Ocular Melanoma

Melanoma 101 Types of Melanoma Ocular Melanoma

Ocular MelanomaWhat is Ocular Melanoma?

Ocular melanoma is a rare form of melanoma that occurs in the eye. Though it develops from melanocytes, the same cell that causes melanoma in the skin, it should be considered a separate cancer from skin melanoma.

Ocular melanoma most often affects the middle layer of your eye (the uvea), which includes the colored portion (the iris), the muscle fibers around the lens (ciliary body), and the layer of blood vessels that lines the back of the eye (choroid).

Melanoma can also develop in the conjunctiva, the clear tissue that covers the white part of the eye and the inside of the eyelids.

Melanoma that develops in the choroid, iris or ciliary body is called uveal melanoma, and melanoma that develops in the conjunctiva is called conjunctival melanoma. Although both develop in the eye, these two diseases are biologically and clinically different from one another, and both are very different from the more common form of melanoma occurring on the skin. Because the majority of ocular melanoma cases are uveal, sometimes people refer to ocular melanoma as uveal.

Both types of ocular melanoma are rare. Uveal melanoma is diagnosed in about 2,500 people each year in the U.S.—but it is the most common primary cancer of the eye in adults. Median age of onset is about 60 years old, but it can occur at any age. Conjunctival melanoma is even more rare with likely incidence of < 1 cases per million people.

Uveal Melanoma

Some cases of uveal melanoma are diagnosed during a routine eye exam without the patient having any symptoms, other patients develop symptoms that prompt them to get an eye exam, and some patients have a freckle on the choroid that is followed and changes over time. The most common treatments for uveal melanoma are radioactive plaques, proton beam therapy, or removal of the eye. Primary treatment of uveal melanoma is very effective with recurrence in the eye happening in less than 5% of cases. However, despite the primary tumor being controlled there is a risk of the melanoma returning outside of the eye. The risk of the melanoma returning can be estimated by the size of the melanoma as well as other clinical and pathological factors; by looking at changes in the chromosomes of the tumor (i.e., cytogenetic testing); and by looking at an altered pattern of genes that are expressed (i.e., gene expression profiling).

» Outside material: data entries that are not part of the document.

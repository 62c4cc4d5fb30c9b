//! Every refusal of the board at its edge, and openings.
use crate::tests::asks::{Ask, Heard, Said, hear, play};
use crate::tests::prefixed::Prefixed;
use board::board::Board;
use rules::refusal::Refusal;
use rules::report::Action;
use rules::ticket::Stage;
use std::alloc::Global;
use std::process::Abort;
use std::test::Fail;

const LIMITS: &[(Ask, Heard)] = &[
    (Ask::Open(2, 4, 2, 1, 5), Ok(Said::Done)),
    (Ask::Book(0, 2), Ok(Said::Figure(5))),
    (Ask::Step(5), Ok(Said::Told(5, Action::Mark, 0, 1))),
    (Ask::Open(0, 1, 1, 0, 1), Err(Refusal::Limits)),
    (Ask::Open(17, 1, 1, 0, 1), Err(Refusal::Limits)),
    (Ask::Open(1, 0, 1, 0, 1), Err(Refusal::Limits)),
    (Ask::Open(1, 257, 1, 0, 1), Err(Refusal::Limits)),
    (Ask::Open(1, 1, 0, 0, 1), Err(Refusal::Limits)),
    (Ask::Open(1, 1, 65, 0, 1), Err(Refusal::Limits)),
    (Ask::Open(1, 1, 1, 65, 1), Err(Refusal::Limits)),
    (Ask::Open(1, 1, 1, 0, 0), Err(Refusal::Limits)),
    (Ask::Open(1, 1, 1, 0, 1000000001), Err(Refusal::Limits)),
    (Ask::Open(4294967295, 1, 1, 0, 1), Err(Refusal::Limits)),
    (Ask::Open(16, 256, 64, 65, 1000000000), Err(Refusal::Limits)),
    (Ask::Step(5), Ok(Said::Told(5, Action::Mark, 1, 1))),
    (Ask::Open(1, 1, 1, 0, 1), Ok(Said::Done)),
    (Ask::Open(16, 1, 1, 0, 1), Ok(Said::Done)),
    (Ask::Open(1, 256, 1, 0, 1), Ok(Said::Done)),
    (Ask::Open(1, 1, 64, 0, 1), Ok(Said::Done)),
    (Ask::Open(1, 1, 1, 64, 1), Ok(Said::Done)),
    (Ask::Open(16, 256, 64, 64, 1000000000), Ok(Said::Done)),
    (Ask::Book(192, 64), Ok(Said::Figure(1000000000))),
    (Ask::Book(255, 1), Ok(Said::Figure(1000000001))),
    (
        Ask::Step(1000000001),
        Ok(Said::Told(1000000001, Action::Mark, 255, 1)),
    ),
    (Ask::Step(999999999), Err(Refusal::Unknown)),
    (Ask::Step(1000000002), Err(Refusal::Unknown)),
];

#[test]
fn opening_limits(rt: HostRuntime) -> Result<(), Fail> {
    play(&rt, rt.alloc(), LIMITS)
}

const COLUMNS: &[(Ask, Heard)] = &[
    (Ask::Open(1, 256, 64, 0, 1), Ok(Said::Done)),
    (Ask::Book(0, 0), Err(Refusal::Columns)),
    (Ask::Book(0, 1), Ok(Said::Figure(1))),
    (Ask::Book(0, 64), Ok(Said::Figure(2))),
    (Ask::Book(0, 65), Err(Refusal::Columns)),
    (Ask::Book(0, 4294967295), Err(Refusal::Columns)),
    (Ask::Book(192, 64), Ok(Said::Figure(3))),
    (Ask::Book(193, 64), Err(Refusal::Columns)),
    (Ask::Book(255, 1), Ok(Said::Figure(4))),
    (Ask::Book(255, 2), Err(Refusal::Columns)),
    (Ask::Book(256, 1), Err(Refusal::Columns)),
    (Ask::Book(256, 0), Err(Refusal::Columns)),
    (Ask::Book(4294967295, 1), Err(Refusal::Columns)),
    (Ask::Book(4294967295, 64), Err(Refusal::Columns)),
    (Ask::Book(4294967232, 64), Err(Refusal::Columns)),
    (Ask::Book(4294967233, 64), Err(Refusal::Columns)),
    (Ask::Show(255), Ok(Said::Figure(0))),
    (Ask::Show(256), Err(Refusal::Columns)),
    (Ask::Show(4294967295), Err(Refusal::Columns)),
    (Ask::Open(3, 2, 1, 0, 1), Ok(Said::Done)),
    (Ask::Show(1), Ok(Said::Figure(0))),
    (Ask::Show(2), Err(Refusal::Columns)),
    (Ask::Book(0, 3), Err(Refusal::Columns)),
    (Ask::Book(1, 2), Err(Refusal::Columns)),
    (Ask::Book(2, 1), Err(Refusal::Columns)),
    (Ask::Book(0, 2), Ok(Said::Figure(1))),
    (Ask::Drive(1, 9, 9), Ok(Said::Drove(3, Stage::Granted))),
    (Ask::Show(1), Ok(Said::Figure(1))),
    (Ask::Collect(1), Ok(Said::Window(Some((0, 2))))),
    (Ask::Row(1, 1), Ok(Said::Figure(1))),
    (Ask::Row(1, 2), Err(Refusal::Columns)),
    (Ask::Row(1, 4294967295), Err(Refusal::Columns)),
];

// Every stage but idle keeps its place, and columns are tried before places.
const PLACES: &[(Ask, Heard)] = &[
    (Ask::Open(1, 2, 2, 0, 1), Ok(Said::Done)),
    (Ask::Book(0, 1), Ok(Said::Figure(1))),
    (Ask::Book(1, 1), Ok(Said::Figure(2))),
    (Ask::Book(0, 1), Err(Refusal::Places)),
    (Ask::Book(0, 3), Err(Refusal::Columns)),
    (Ask::Withdraw(2), Ok(Said::Done)),
    (Ask::Stage(2), Ok(Said::At(Stage::Idle))),
    (Ask::Book(0, 2), Ok(Said::Figure(3))),
    (Ask::Drive(1, 9, 9), Ok(Said::Drove(2, Stage::Granted))),
    (Ask::Book(0, 1), Err(Refusal::Places)),
    (Ask::Collect(1), Ok(Said::Window(Some((0, 1))))),
    (Ask::Book(0, 1), Err(Refusal::Places)),
    (Ask::Drive(3, 9, 9), Ok(Said::Drove(2, Stage::Without))),
    (Ask::Book(0, 1), Err(Refusal::Places)),
    (Ask::Collect(3), Ok(Said::Window(None))),
    (Ask::InUse, Ok(Said::Figure(1))),
    (Ask::Book(1, 1), Ok(Said::Figure(4))),
    (Ask::Step(4), Ok(Said::Told(4, Action::Mark, 1, 1))),
    (Ask::Withdraw(4), Ok(Said::Done)),
    (Ask::Book(0, 1), Err(Refusal::Places)),
    (Ask::Step(4), Ok(Said::Told(4, Action::Wipe, 1, 1))),
    (Ask::Book(1, 1), Ok(Said::Figure(5))),
    (Ask::Back(1), Ok(Said::Done)),
    (Ask::Book(0, 1), Err(Refusal::Places)),
    (Ask::Step(1), Ok(Said::Told(1, Action::Wipe, 0, 1))),
    (Ask::Book(0, 1), Ok(Said::Figure(6))),
    (Ask::Book(0, 1), Err(Refusal::Places)),
];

About 50% of people with uveal melanoma will develop metastases. When uveal melanoma does recur, it often does so in the liver. Advanced uveal melanoma is a challenging cancer to treat, and a broad range of treatments can been used, including immunotherapy, molecularly targeted agents, and a number of liver-directed treatments such as bland embolization, chemoembolization, immunoembolization, radioembolization, and infusion of chemotherapy into the liver. The prognosis for metastatic uveal melanoma patients has historically been quite poor, with limited overall survival.

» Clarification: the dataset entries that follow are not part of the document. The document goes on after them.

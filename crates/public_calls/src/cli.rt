//! Calls and types of `life_cli`.

ghost use Rattle.std.specs.Prelude.{◌≡◌, ◌↔◌, IsSome, IfSome, false};
ghost use Rattle.life_cli.specs.Plans.{HasSecond, task_of};

use life_base::{Sink, Source};
use life_cli::{Job, Plan, Target, Usage, plan, work};
use std::alloc::Global;

pub fn job_variants(job: Job) -> u8 {
    match job {
        Job::Show => 0,
        Job::Canon => 1,
        Job::Convert(Target::Rle) => 2,
        Job::Convert(Target::Mc) => 3,
        Job::Same => 4,
        Job::Step => 5,
        Job::StepTable => 6,
    }
}

pub fn worked<A: Source, B: Source, O: Sink, E: Sink>(
    alloc: Global,
    job: &Job,
    first: &mut A,
    second: &mut Option<B>,
    out: &mut O,
    err: &mut E,
) -> u8
    requires first_reads { A.failures first.old ≡ 0 }
    requires second_reads { IfSome second.old (λ b. B.failures b ≡ 0) }
    requires second_given { IsSome second.old ↔ HasSecond (task_of job.now) }
    requires writes { O.failures out.old ≡ 0 }
    requires takes { O.stalled out.old ≡ false }
    requires reports { E.failures err.old ≡ 0 }
    requires takes_report { E.stalled err.old ≡ false }
{
    work(alloc, job, first, second, out, err)
}

pub fn plan_fields(plan: Plan) -> (Job, String, Option<String>) {
    let Plan { job, first, second } = plan;
    (job, first, second)
}

pub fn planned(alloc: Global, words: &[&str]) -> Result<Plan, Usage> {
    plan(alloc, words)
}

pub fn usage_variants(usage: Usage) -> Option<clap::Error> {
    match usage {
        Usage::Words(error) => Some(error),
        Usage::TwoInputs => None,
        Usage::Memory => None,
    }
}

The good news for uveal patients is that in January 2022, the U.S. Food and Drug Administration (FDA) approved Kimmtrak (tebentafusp-tebn) for the treatment of HLA-A*02:01-positive adult patients with unresectable or metastatic uveal melanoma. Kimmtrak is the first and only FDA-approved therapy for the treatment of unresectable or metastatic uveal melanoma (mUM). FDA approval was based on the results of a phase 3 clinical trial in which Kimmtrak showed statistically and clinically meaningful overall survival benefit for mUM patients. A total of 378 previously untreated patients were randomly assigned to either the Kimmtrak (tebentafusp) group (252 patients) or the control group (126 patients). The control group received single-agent treatment with pembrolizumab (82% of control patients), ipilimumab (13%), or dacarbazine (6%). Overall survival (OS) at one year was 73% in the tebentafusp group and 59% in the control group.

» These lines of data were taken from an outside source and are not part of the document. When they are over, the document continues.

//! Devices of `life_base`.

ghost use Rattle.std.specs.Prelude.{◌≡◌};

use life_base::{Device, Kind, Sink, Source};

pub fn source_read<S: Source>(source: &mut S, buf: &mut [u8]) -> Result<usize, Kind>
    requires { S.failures source.old ≡ 0 }
{
    source.read(buf)
}

pub fn source_failed<S: Source>(source: &S) -> bool {
    source.failed()
}

pub fn sink_write<S: Sink>(sink: &mut S, buf: &[u8]) -> Result<usize, Kind>
    requires { S.failures sink.old ≡ 0 }
{
    sink.write(buf)
}

pub fn sink_flush<S: Sink>(sink: &mut S) -> Result<(), Kind>
    requires { S.failures sink.old ≡ 0 }
{
    sink.flush()
}

pub fn sink_failed<S: Sink>(sink: &S) -> bool {
    sink.failed()
}

pub fn device_new<T>(inner: T) -> Device<T> {
    Device::new(inner)
}
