//! Calls and types of `life_mc`.

ghost use Rattle.life_base.specs.declared.cell.TheConstants.{MAX_LEVEL};
ghost use Rattle.life_mc.specs.Macrocell.{AreSquares};

use life_base::{Fault, Items, Kind, Rule};
use life_mc::{Line, McFile, McLines, read_mc, write_mc};
use std::alloc::Global;

pub fn mc_read(alloc: Global, bytes: &[u8]) -> Result<McFile, Fault> {
    read_mc(alloc, bytes)
}

pub fn mc_written(alloc: Global, file: &McFile) -> Result<Vec<u8>, Fault> {
    write_mc(alloc, file)
}

pub fn mc_lines_new(alloc: Global) -> McLines {
    McLines::new(alloc)
}

pub fn mc_lines_line(lines: &mut McLines, line: &[u8]) -> Result<Option<Line>, Kind> {
    lines.line(line)
}

pub fn mc_lines_end(lines: McLines) -> Result<(Rule, u64), Kind> {
    lines.end()
}

pub fn leaf_made(rows: [u8; 8]) -> Line {
    Line::Leaf(rows)
}

pub fn quad_made(level: u8, nw: u64, ne: u64, sw: u64, se: u64) -> Line {
    Line::Quad {
        level,
        nw,
        ne,
        sw,
        se,
    }
}

pub fn line_variants(line: Line) -> Option<(u8, u64, u64, u64, u64)> {
    match line {
        Line::Leaf(_) => None,
        Line::Quad {
            level,
            nw,
            ne,
            sw,
            se,
        } => Some((level, nw, ne, sw, se)),
    }
}

/// `lines` is a small type over a vector, which it gives back.
pub fn mc_file_fields(file: McFile) -> (Rule, u64, Vec<Line>) {
    let McFile {
        rule,
        generation,
        lines,
    } = file;
    (rule, generation, lines.into_vec())
}

pub fn mc_file_made(rule: Rule, generation: u64, lines: Vec<Line>) -> McFile
    requires { AreSquares MAX_LEVEL rule lines.items }
{
    McFile {
        rule,
        generation,
        lines: Items::from_vec(lines),
    }
}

Click here to learn more about Kimmtrak.

Conjunctival Melanoma

Conjunctival melanoma is more rare than uveal melanoma. It has no clear cause, and it usually appears as a pigmented spot on the outer surface of the eye. Individuals diagnosed with conjunctival melanoma commonly have a resection of the melanoma by an ophthalmologic oncologist and may receive further treatments to the eye such as cryotherapy, topical chemotherapy, or radiation. Despite aggressive treatment, primary conjunctival melanoma may recur. Unlike uveal melanoma, which more often spreads to the liver, conjunctival melanoma often metastasizes to the lymph nodes and lung, its behavior much more similar to skin melanoma. There is no standard recommendation for the treatment of patients with advanced conjunctival melanoma primarily because of the rarity of the disease. Generally, these patients are treated similarly to patients with advanced skin melanoma, using immunotherapy and targeted therapy, if applicable.

Conclusions

Despite the significant advances made in our understanding of conjunctival and uveal melanoma, these diseases are still challenging to treat. To develop more successful treatments, we must support combined efforts between patients dealing with these diseases, the doctors caring for them, and the laboratory and clinical researchers working to develop new treatments for conjunctival and uveal melanoma. It is through this kind of cooperation that we can increase education and awareness of these rare diseases and ultimately identify new, more effective, and potentially curative treatments.